Earlier this year, we delved into the massive challenge coming our way in terms of what to do with old wind turbine blades.

The recycling of wind turbine blades remains notoriously challenging, as the blades are designed to be lightweight yet durable, making them difficult to break apart. Globally, most decommissioned wind turbine blades currently end up in a landfill, and by 2025, some 25,000 tonnes of blades will reach the end of their operational life, with this number set to grow annually.

To help address this growing challenge, Plaswire, an Armagh-based company, has partnered with wind giant Ørsted to recycle blades from its onshore wind farms in the Republic of Ireland and Northern Ireland.

A recently completed pilot project saw three blades from a decommissioned turbine from Ørsted’s Owenreagh Wind Farm in Tyrone successfully recycled.

The blades were first cleaned and shredded, then granulated and finally used in Plaswire’s smart RX Polymer, a material typically used in the construction industry.

The pilot project followed a commitment made by Ørsted in 2021 to either reuse, recycle, or recover all of the wind turbine blades in its global portfolio of onshore and offshore wind farms upon decommissioning. The company operates a portfolio of 378MW of onshore wind assets across the island of Ireland.


During the pilot, Plaswire developed a cost-efficient and scalable method to recycle 100% of Ørsted’s turbine blades, turning them into new products that can substitute materials such as virgin plastics, steel and concrete.

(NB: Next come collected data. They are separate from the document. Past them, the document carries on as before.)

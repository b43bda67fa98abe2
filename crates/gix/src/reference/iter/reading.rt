//! References that are listed, and then read one by one.

ghost use Rattle.std.specs.Prelude.{◌≡◌, ◌++◌, ◌∷◌, ◌&&◌, [], filter, not, None, List, ℕ, IfOk, IfErr, IfSome, IfNone, OnOk, option_copied, Contains};
ghost use Rattle.std.specs.FinMap.{get};
ghost use Rattle.std.specs.List.{AllByRecursion, list_all};
ghost use Rattle.gx_rules.specs.Path.{components};
ghost use Rattle.gx_store.specs.Kinds.{IsTargetOfKind};
ghost use Rattle.gx_store.specs.Listing as listing;
ghost use Rattle.gx_store.specs.State.{IfFault, IsUnreadable};
ghost use Rattle.gx_store.specs.declared.error.What.TheVariants as part;
ghost use Rattle.gx_refs.specs.Finding.{IsListing, ListCauses};
ghost use Rattle.gx_refs.specs.Shown.{prefix_of, stored_name};
ghost use Rattle.gx_refs.specs.declared.reference.Reference.{Reference};
ghost use Rattle.gix.specs.Found.{AreFound, IsFound};
ghost use Rattle.gix.specs.References.{ArePseudo, AreReferences, ReadsListing, ReadsPseudo, is_pseudo, is_relative_path, is_step, names_of, store_error};
ghost use Rattle.gix.specs.Repository.{settings_of, store_of};
ghost use Rattle.gix.specs.Space.{space_of};

use super::ReferenceList;
use crate::Repository;
use crate::space::{namespace_of, shown_target, stored_name};
use gx_refs::{RefError, Reference, iterate};
use gx_rules::{FullName, Namespace, components};
use gx_store::{Names, Store, StoreError};
use std::alloc::Global;

/// A component that names a directory by the way to it.
fn is_step(name: &[u8]) -> bool
    ensures { result ≡ is_step name.now }
{
    name == b".".as_slice() || name == b"..".as_slice()
}

fn has_no_steps(prefix: &[u8]) -> bool
    ensures { result ≡ list_all (λ name. not (is_step name)) (components prefix.now) }
{
    components(prefix).all(|name| !is_step(name))
}

/// Whether the prefix begins with no slash, and no component of it is `.` or `..`.
pub(super) fn is_relative_path(prefix: &[u8]) -> bool
    ensures { result ≡ is_relative_path prefix.now }
{
    !prefix.starts_with(b"/") && has_no_steps(prefix)
}

/// The reference of a name, as it is shown.
fn reference_at<S: Store>(
    alloc: Global,
    store: &S,
    space: Option<&Namespace>,
    name: &FullName,
) -> Result<Option<Reference>, StoreError>
    ensures some { IfOk result (λ found. IfSome found (IsFound (prefix_of (option_copied space.entry))
        (S.state store.now).hash (S.state store.now).references name.now)) }
    ensures none { IfOk result (λ found. IfNone found (IfSome (S.state store.now).references (λ refs.
        get refs.targets (stored_name (prefix_of (option_copied space.entry)) name.now) ≡ None))) }
    ensures fault { IfFault result (IsUnreadable (S.state store.now)
        (part.Name (stored_name (prefix_of (option_copied space.entry)) name.now))) }
{
    let stored = stored_name(space, name)?;
    let Some(target) = store.find(alloc, &stored)? else {
        return Ok(None);
    };
    let target = shown_target(alloc, space, &target)?;
    let name = name.try_clone()?;
    Ok(Some(Reference {
        name,
        target,
        peeled: None,
    }))
}

/// Adds the reference of a name, if it is there.
fn keep_found<S: Store>(
    alloc: Global,
    store: &S,
    space: Option<&Namespace>,
    name: &FullName,
    list: &mut Vec<Reference>,
) -> Result<(), StoreError>
    ensures found { (names : List (List ℕ)) → AreFound (prefix_of (option_copied space.entry))
        (S.state store.now).hash (S.state store.now).references names list.old.items
        → OnOk result (AreFound (prefix_of (option_copied space.entry)) (S.state store.now).hash
        (S.state store.now).references (names ++ name.now ∷ []) list.new.items) }
    ensures fault { IfFault result (IsUnreadable (S.state store.now)
        (part.Name (stored_name (prefix_of (option_copied space.entry)) name.now))) }
{
    let Some(reference) = reference_at(alloc, store, space, name)? else {
        return Ok(());
    };
    list.push(reference)?;
    Ok(())
}

/// The references of these names, as they are shown.
fn read_names<S: Store>(
    alloc: Global,
    store: &S,
    space: Option<&Namespace>,
    names: &[FullName],
) -> Result<Vec<Reference>, StoreError>
    ensures found { IfOk result (λ list. AreFound (prefix_of (option_copied space.entry))
        (S.state store.now).hash (S.state store.now).references names.now list.items) }
    ensures fault { IfFault result (λ fault. (name : List ℕ) × Contains names.now name
        × IsUnreadable (S.state store.now)
        (part.Name (stored_name (prefix_of (option_copied space.entry)) name)) fault) }
{
    let mut list = Vec::with_capacity(alloc, names.len())?;
    for name in names {
        keep_found(alloc, store, space, name, &mut list)?;
    }
    Ok(list)
}

/// What of a refused listing or look-up is the store's. They are refused for nothing else.
pub(crate) fn store_error(error: RefError) -> StoreError
    ensures { result ≡ store_error error }
{
    match error {
        RefError::Store { what } => StoreError::Fault { what },
        _ => StoreError::NoMemory,
    }
}

/// The names of the references that begin with the prefix, as they are shown.
fn list_names<S: Store>(
    alloc: Global,
    store: &S,
    space: Option<&Namespace>,
    prefix: &[u8],
) -> Result<Names, StoreError>
    ensures ok { IfOk result (λ names. IfSome (S.state store.now).references (λ refs.
        IsListing (prefix_of (option_copied space.entry)) prefix.now refs.targets names)) }
    ensures listing { IfOk result (listing.IsListing prefix.now) }
    ensures fault { IfFault result (IsUnreadable (S.state store.now) part.Listing) }
{
    match iterate(alloc, store, space, prefix) {
        Ok(names) => Ok(names),
        Err(error) => Err(store_error(error)),
    }
}

/// The references whose names begin with the prefix, as they are shown.
pub(super) fn read_references<S: Store>(
    alloc: Global,
    repo: &Repository<S>,
    prefix: &[u8],
) -> Result<ReferenceList, StoreError>
    ensures kinds { IfOk result (λ list. AllByRecursion
        (λ (reference : Reference). IsTargetOfKind (S.state (store_of repo.now)).hash reference.target) list) }
    ensures ok { IfOk result (λ list. IfSome (S.state (store_of repo.now)).references (λ refs.
        AreReferences (space_of (settings_of repo.now)) prefix.now refs list)) }
    ensures listing { IfOk result (λ list. listing.IsListing prefix.now (names_of list)) }
    ensures fault { IfFault result (λ fault. IsUnreadable (S.state (store_of repo.now)) fault fault
        × ReadsListing (space_of (settings_of repo.now)) prefix.now (S.state (store_of repo.now)).references fault) }
{
    let space = namespace_of(&repo.settings);
    let names = list_names(alloc, &repo.store, space, prefix)?;
    let list = read_names(alloc, &repo.store, space, names.as_slice())?;
    Ok(ReferenceList::from_vec(list))
}

/// Whether the name is of no directory.
fn is_pseudo(name: &FullName) -> bool
    ensures { result ≡ is_pseudo name.now }
{
    name.as_slice().iter().all(|byte| *byte != b'/')
}

/// Those of the names that are of no directory.
fn pseudo_names(names: Names) -> Names
    ensures { result ≡ filter is_pseudo names }
{
    let mut kept = names.into_vec();
    kept.retain(|name| is_pseudo(name));
    Names::from_vec(kept)
}

/// The references whose names are of no directory, as they are shown.
pub(super) fn read_pseudo<S: Store>(
    alloc: Global,
    repo: &Repository<S>,
) -> Result<ReferenceList, StoreError>
    ensures kinds { IfOk result (λ list. AllByRecursion
        (λ (reference : Reference). IsTargetOfKind (S.state (store_of repo.now)).hash reference.target) list) }
    ensures ok { IfOk result (λ list. IfSome (S.state (store_of repo.now)).references (λ refs.
        ArePseudo (space_of (settings_of repo.now)) refs list)) }
    ensures fault { IfFault result (λ fault. IsUnreadable (S.state (store_of repo.now)) fault fault
        × ReadsPseudo (space_of (settings_of repo.now)) (S.state (store_of repo.now)).references fault) }
{
    let space = namespace_of(&repo.settings);
    let names = pseudo_names(list_names(alloc, &repo.store, space, b"")?);
    let list = read_names(alloc, &repo.store, space, names.as_slice())?;
    Ok(ReferenceList::from_vec(list))
}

In a statement, Ørsted said the Plaswire partnership proves promising for the wider wind energy industry, where today between 85% and 95% of a wind turbine can be recycled.

“As some of our onshore fleet approach their end of life, we are excited to have found a local partner who has the technology to break down our turbine blades and remould the materials into new, durable RX Polymer,” said Ray O’Connell, director of operations at Ørsted UK & Ireland.

Andrew Billingsley, CEO of Plaswire, added, “Already, we have grown to employ 14 people in our Lurgan factory. We have recently purchased additional land to store wind turbine blades and invested in a larger composite polymer recycling processing machine, which will enable us to scale our business.”